**YOUR GOAL**
Look below for the line containing "at three servers."; from there, print each line exactly up to and including the line containing "impl KeyCounts for", and stop.

══════

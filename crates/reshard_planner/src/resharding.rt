ghost use Rattle.std.specs.Prelude.{◌≡◌, ℕ, ◌≤◌, ◌<◌, IfOk, List, MatchResult};
ghost use Rattle.std.specs.List.{All};
ghost use Rattle.cluster_admin.specs.Phases.{closed_by};
ghost use Rattle.plan_language.specs.Lines.{plan_commands};
ghost use Rattle.plan_semantics.specs.Plans.{among, Legal};
ghost use Rattle.reshard_planner.specs.Answers.{Gives, reshard_answer};
ghost use Rattle.reshard_planner.specs.Exchanges.{IsAnsweredBy, IsRefused};
ghost use Rattle.reshard_planner.specs.Holding.{held as held_by};
ghost use Rattle.reshard_planner.specs.Laws.{moved_count};
ghost use Rattle.reshard_planner.specs.Shares.{source_weight};
ghost use Rattle.reshard_planner.specs.Starts.{Lists};

use crate::exchange::Exchange;
use crate::held::{PerNode, held_by_node, nothing};
use crate::planner_fault::PlannerFault;
use crate::shares::{Scale, sum_over};
use key_slots::{NodeId, OwnerTable};
use plan_language::Plan;
use std::alloc::Global;

/// PlannersExact: a plan that moves `count` slots from the sources to the target, each source's lowest ones. What a
/// source gives is in proportion to what it holds, and all they give is exactly `count`. A source that is named twice
/// counts once. The count is at most 16,384, and a batch is 1 to 1,000 keys. Of more than eight nodes the plan lists no
/// names yet: the caller puts them in.
pub fn reshard(
    alloc: Global,
    owners: &OwnerTable,
    sources: &[NodeId],
    target: NodeId,
    count: u16,
    batch: u16,
) -> Result<Plan, PlannerFault>
    requires sources_exist { All (λ s. s < owners.now.nodes) sources.now }
    requires target_exists { target < owners.now.nodes }
    requires few { count ≤ 16384 }
    requires some_keys { 1 ≤ batch }
    requires most_keys { batch ≤ 1000 }
    ensures exact { Gives owners.now.nodes result (reshard_answer owners.now sources.now target count batch) }
    ensures legal { IfOk result
        (λ plan. Legal plan.version (plan_commands owners.now.nodes plan.lines)
        (closed_by owners.now.owners) owners.now.nodes) }
    ensures moves { IfOk result (λ plan. moved_count (plan_commands owners.now.nodes plan.lines) ≡ count) }
{
    let exchange = source_exchange(owners, sources, target, count)?;
    Ok(exchange.plan(alloc, owners, batch)?)
}

/// What each source gives, all to the target.
fn source_exchange(
    owners: &OwnerTable,
    sources: &[NodeId],
    target: NodeId,
    count: u16,
) -> Result<Exchange, PlannerFault>
    requires target_exists { target < owners.now.nodes }
    requires few { count ≤ 16384 }
    ensures { MatchResult result
        (λ e. IsAnsweredBy owners.now (reshard_answer owners.now sources.now target count) e.gives e.takes)
        (IsRefused (reshard_answer owners.now sources.now target count)) }
{
    if sources.is_empty() {
        return Err(PlannerFault::NoSource);
    }
    let nodes = owners.nodes();
    let weights = source_weights(&held_by_node(owners), sources);
    let total = usize::from(count);
    let whole = sum_over(&weights, nodes);
    if whole < total {
        return Err(PlannerFault::TooMany);
    }
    if is_source(sources, target) {
        return Err(PlannerFault::TargetIsSource);
    }
    let mut gives = nothing();
    if total > 0 {
        let scale = Scale {
            total,
            half: 0,
            whole,
        };
        gives = scale.shares(&weights, nodes);
    }
    let mut takes = nothing();
    takes[usize::from(target.get())] = total;
    Ok(Exchange { gives, takes })
}

/// Whether the node is one of the sources.
pub(crate) fn is_source(sources: &[NodeId], node: NodeId) -> bool
    ensures { result ≡ among node sources.now }
{
    sources.iter().any(|source| node == *source)
}

/// How many slots each source holds, and 0 for another node.
pub(crate) fn source_weights(held: &PerNode, sources: &[NodeId]) -> PerNode
    ensures { (owners : List ℕ) → Lists (held_by owners) 255 held.now
        → Lists (source_weight owners sources.now) 255 result }
{
    let mut weights = nothing();
    for source in sources {
        let node = usize::from(source.get());
        weights[node] = held[node];
    }
    weights
}
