//! The versions that servers tell.
use crate::script::Replies;
use crate::servers::links;
use cluster_views::SurveyFault;
use server_versions::{version_lines, versions_of};
use std::alloc::Global;
use std::test::Fail;

/// What a server of Redis answers to INFO server, one of Valkey, and one of a later Redis.
pub const REDIS: &[u8] = b"\
        $52\r\n# Server\r\nredis_version:7.0.15\r\nredis_mode:cluster\r\n\r\n";

pub const VALKEY: &[u8] = b"\
        $73\r\n# Server\r\nredis_version:7.2.4\r\nserver_name:valkey\r\nvalkey_version:9.1.2\r\n\r\n";

const LATER: &[u8] = b"\
        $31\r\n# Server\r\nredis_version:8.4.0\r\n\r\n";

const REFUSED: &[u8] = b"-NOPERM this user has no permissions to run the 'info' command\r\n";

const LINES: &[u8] = b"n0 runs Redis 7.0.15\nn1 runs Valkey 9.1.2\nn2 runs Redis 8.4.0\n\
        the nodes run different versions\nreshard was not tried at each of these versions\n";

/// What is said of three servers that answer so.
fn told(
    alloc: Global,
    first: Replies,
    second: Replies,
    third: Replies,
) -> Result<Vec<u8>, SurveyFault> {
    let mut links = links(alloc, first, second, third)?;
    let versions = versions_of(alloc, &mut links, 3)?;
    Ok(version_lines(alloc, versions.as_slice())?)
}

#[test]
fn versions_are_told(rt: HostRuntime) -> Result<(), Fail> {
    let alloc = rt.alloc();
    let lines = told(alloc, &[REDIS], &[VALKEY], &[LATER])?;
    assert!(rt; lines.as_slice() == LINES);
    let lines = told(alloc, &[REDIS], &[REDIS], &[REFUSED])?;
    assert!(rt;
        lines.as_slice().starts_with(
            b"n0 runs Redis 7.0.15\nn1 runs Redis 7.0.15\nn2 does not tell"
        )
    );
    let fault = told(alloc, &[REDIS], &[], &[REDIS]);
    assert!(rt; fault.is_err());
    Ok(())
}
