//! Keys that lie at nodes which do not own their slots, at three servers.
use crate::phases::{SOURCE, TARGET, survey};
use cluster_views::{ServerSurvey, SurveyFault};
use key_slots::{NodeId, Slot};
use server_phases::{KeyCounts, put_stranded_lines};
use std::alloc::Global;
use std::test::Fail;

/// The keys that each node holds of each slot, as slot, node and count, but for slots of which it holds none. n0 owns
/// slots 5 and 4000, n1 slot 5461, n2 slot 16383, and slots 24 and 30 are open.
const HELD: &[(u16, u8, u32)] = &[
    (5, 0, 100),
    (5, 1, 3),
    (5, 2, 1),
    (24, 0, 51),
    (24, 1, 52),
    (30, 2, 7),
    (4000, 0, 4),
    (5461, 0, 4294967295),
    (16383, 2, 9),
];

const LINES: &[u8] = b"\
        slot 5: 3 keys at n1, and n0 owns it; a plan with 'move 5 from n0 to n1 by 10' brings them together\n\
        slot 5: 1 keys at n2, and n0 owns it; a plan with 'move 5 from n0 to n2 by 10' brings them together\n\
        slot 5461: 4294967295 keys at n0, and n1 owns it; \
        a plan with 'move 5461 from n1 to n0 by 10' brings them together\n";

/// Tells the keys that are held, up to so many questions. The next one has no answer.
#[derive(Drop)]
struct HeldKeys {
    answers: u32,
}

impl KeyCounts for HeldKeys {
    ghost counts = { λ x node slot keys y. Unit {0} };

    ghost fails = { λ x node slot fault y. Unit {0} };

    fn keys(&mut self, node: NodeId, slot: Slot) -> Result<u32, SurveyFault> {
        if self.answers == 0 {
            return Err(SurveyFault::NoAnswer(node));
        }
        self.answers -= 1;
        Ok(held(node, slot))
    }
}

/// How many keys of the slot the node holds.
fn held(node: NodeId, slot: Slot) -> u32 {
    for &(of, at, keys) in HELD {
        if of == slot.get() && at == node.get() {
            return keys;
        }
    }
    0
}

fn lines_of(
    alloc: Global,
    survey: &ServerSurvey,
    counts: &mut HeldKeys,
) -> Result<Vec<u8>, SurveyFault> {
    let mut out = Vec::new(alloc);
    put_stranded_lines(&mut out, survey, counts)?;
    Ok(out)
}

#[test]
fn stranded_keys_are_told(rt: HostRuntime) -> Result<(), Fail> {
    let survey = survey(rt.alloc(), SOURCE, TARGET)?;
    let mut counts = HeldKeys { answers: 40000 };
    let lines = lines_of(rt.alloc(), &survey, &mut counts)?;
    assert!(rt; lines.as_slice() == LINES);
    assert!(rt; counts.answers == 40000 - 2 * (16384 - 2));
    Ok(())
}

#[test]
fn a_node_that_is_silent_is_told(rt: HostRuntime) -> Result<(), Fail> {
    let survey = survey(rt.alloc(), SOURCE, TARGET)?;
    let mut counts = HeldKeys { answers: 13 };
    let fault = lines_of(rt.alloc(), &survey, &mut counts);
    assert!(rt; matches!(&fault, Err(SurveyFault::NoAnswer(node)) if node.get() == 2));
    Ok(())
}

══════

**TASK SOLUTION**
//! Keys that lie at nodes which do not own their slots, at three servers.
use crate::phases::{SOURCE, TARGET, survey};
use cluster_views::{ServerSurvey, SurveyFault};
use key_slots::{NodeId, Slot};
use server_phases::{KeyCounts, put_stranded_lines};
use std::alloc::Global;
use std::test::Fail;

/// The keys that each node holds of each slot, as slot, node and count, but for slots of which it holds none. n0 owns
/// slots 5 and 4000, n1 slot 5461, n2 slot 16383, and slots 24 and 30 are open.
const HELD: &[(u16, u8, u32)] = &[
    (5, 0, 100),
    (5, 1, 3),
    (5, 2, 1),
    (24, 0, 51),
    (24, 1, 52),
    (30, 2, 7),
    (4000, 0, 4),
    (5461, 0, 4294967295),
    (16383, 2, 9),
];

const LINES: &[u8] = b"\
        slot 5: 3 keys at n1, and n0 owns it; a plan with 'move 5 from n0 to n1 by 10' brings them together\n\
        slot 5: 1 keys at n2, and n0 owns it; a plan with 'move 5 from n0 to n2 by 10' brings them together\n\
        slot 5461: 4294967295 keys at n0, and n1 owns it; \
        a plan with 'move 5461 from n1 to n0 by 10' brings them together\n";

/// Tells the keys that are held, up to so many questions. The next one has no answer.
#[derive(Drop)]
struct HeldKeys {
    answers: u32,
}

impl KeyCounts for HeldKeys {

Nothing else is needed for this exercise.